** INFORMATION PROVIDED follows **

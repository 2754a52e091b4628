// The columns of the scope table, how many numbers a row has, and how many are lent for one: the third, the number that the scope gets in the
// written file, stands behind the rows (`new_numbers_at`).
pub const PARENT: u16 = 0;

pub const FLAGS: u16 = 1;

pub const NUMBERS: usize = 2;

pub const LENT: usize = 3;
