use std::alloc::{AllocError, AllocFailed};
use thiserror::Error;

/// What is wrong with a line of a schedule.
#[derive(Clone, Copy, Debug, PartialEq, Eq)]
pub enum StepWhy {
    BadStep,
    UnknownTopic,
    UnknownWorker,
    WorkerTaken,
    UnknownTask,
    NoWorker,
    TooLarge,
}

/// Why a schedule can't be read: its first refused line, counted from 1, or out of memory.
#[derive(Debug, Drop, PartialEq, Eq, Error)]
pub enum ScheduleFault {
    #[error("line {line}: {why:?}")]
    Refused { line: u32, why: StepWhy },
    #[error("out of memory")]
    OutOfMemory,
}

/// Why a line can't be read.
#[derive(Drop)]
pub(crate) enum LineFault {
    Refused(StepWhy),
    OutOfMemory,
}

impl From<AllocError> for ScheduleFault {
    ghost use Rattle.std.specs.Prelude.{◌≡◌};
    ghost use Rattle.schedule_text.specs.declared.fault.ScheduleFault.TheVariants.{OutOfMemory};

    ghost from_gives = { λ _ fault. fault ≡ OutOfMemory };

    fn from(_error: AllocError) -> ScheduleFault {
        ScheduleFault::OutOfMemory
    }
}

impl<T: Drop> From<AllocFailed<T>> for ScheduleFault {
    ghost use Rattle.std.specs.Prelude.{◌≡◌};
    ghost use Rattle.schedule_text.specs.declared.fault.ScheduleFault.TheVariants.{OutOfMemory};

    ghost from_gives = { λ _ fault. fault ≡ OutOfMemory };

    fn from(_error: AllocFailed<T>) -> ScheduleFault {
        ScheduleFault::OutOfMemory
    }
}

impl From<AllocError> for LineFault {
    ghost use Rattle.std.specs.Prelude.{◌≡◌};
    ghost use Rattle.schedule_text.specs.declared.fault.LineFault.TheVariants.{OutOfMemory};

    ghost from_gives = { λ _ fault. fault ≡ OutOfMemory };

    fn from(_error: AllocError) -> LineFault {
        LineFault::OutOfMemory
    }
}

impl<T: Drop> From<AllocFailed<T>> for LineFault {
    ghost use Rattle.std.specs.Prelude.{◌≡◌};
    ghost use Rattle.schedule_text.specs.declared.fault.LineFault.TheVariants.{OutOfMemory};

    ghost from_gives = { λ _ fault. fault ≡ OutOfMemory };

    fn from(_error: AllocFailed<T>) -> LineFault {
        LineFault::OutOfMemory
    }
}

** End of INFORMATION PROVIDED **

WHAT YOU SHOULD DO :: Nothing in the entries above should differ when you return them in full.

TASK RESULT ::
repository 2754a52e091b4628
// The columns of the scope table, how many numbers a row has, and how many are lent for one: the third, the number that the scope gets in the
// written file, stands behind the rows (`new_numbers_at`).
pub const PARENT: u16 = 0;

pub const FLAGS: u16 = 1;

pub const NUMBERS: usize = 2;

pub const LENT: usize = 3;
use std::alloc::{AllocError, AllocFailed};
use thiserror::Error;

/// What is wrong with a line of a schedule.
#[derive(Clone, Copy, Debug, PartialEq, Eq)]
pub enum StepWhy {
    BadStep,
    UnknownTopic,
    UnknownWorker,
    WorkerTaken,
    UnknownTask,
    NoWorker,
    TooLarge,
}

/// Why a schedule can't be read: its first refused line, counted from 1, or out of memory.
#[derive(Debug, Drop, PartialEq, Eq, Error)]
pub enum ScheduleFault {
    #[error("line {line}: {why:?}")]
    Refused { line: u32, why: StepWhy },
    #[error("out of memory")]
    OutOfMemory,
}

/// Why a line can't be read.
#[derive(Drop)]
pub(crate) enum LineFault {
    Refused(StepWhy),
    OutOfMemory,
}

impl From<AllocError> for ScheduleFault {
    ghost use Rattle.std.specs.Prelude.{◌≡◌};
    ghost use Rattle.schedule_text.specs.declared.fault.ScheduleFault.TheVariants.{OutOfMemory};

    ghost from_gives = { λ _ fault. fault ≡ OutOfMemory };

    fn from(_error: AllocError) -> ScheduleFault {
        ScheduleFault::OutOfMemory
    }
}

impl<T: Drop> From<AllocFailed<T>> for ScheduleFault {
    ghost use Rattle.std.specs.Prelude.{◌≡◌};
    ghost use Rattle.schedule_text.specs.declared.fault.ScheduleFault.TheVariants.{OutOfMemory};

    ghost from_gives = { λ _ fault. fault ≡ OutOfMemory };

    fn from(_error: AllocFailed<T>) -> ScheduleFault {
        ScheduleFault::OutOfMemory
    }
}

impl From<AllocError> for LineFault {
    ghost use Rattle.std.specs.Prelude.{◌≡◌};
    ghost use Rattle.schedule_text.specs.declared.fault.LineFault.TheVariants.{OutOfMemory};

    ghost from_gives = { λ _ fault. fault ≡ OutOfMemory };

    fn from(_error: AllocError) -> LineFault {
        LineFault::OutOfMemory
    }
}

impl<T: Drop> From<AllocFailed<T>> for LineFault {
    ghost use Rattle.std.specs.Prelude.{◌≡◌};
    ghost use Rattle.schedule_text.specs.declared.fault.LineFault.TheVariants.{OutOfMemory};

    ghost from_gives = { λ _ fault. fault ≡ OutOfMemory };

    fn from(_error: AllocFailed<T>) -> LineFault {
        LineFault::OutOfMemory
    }
}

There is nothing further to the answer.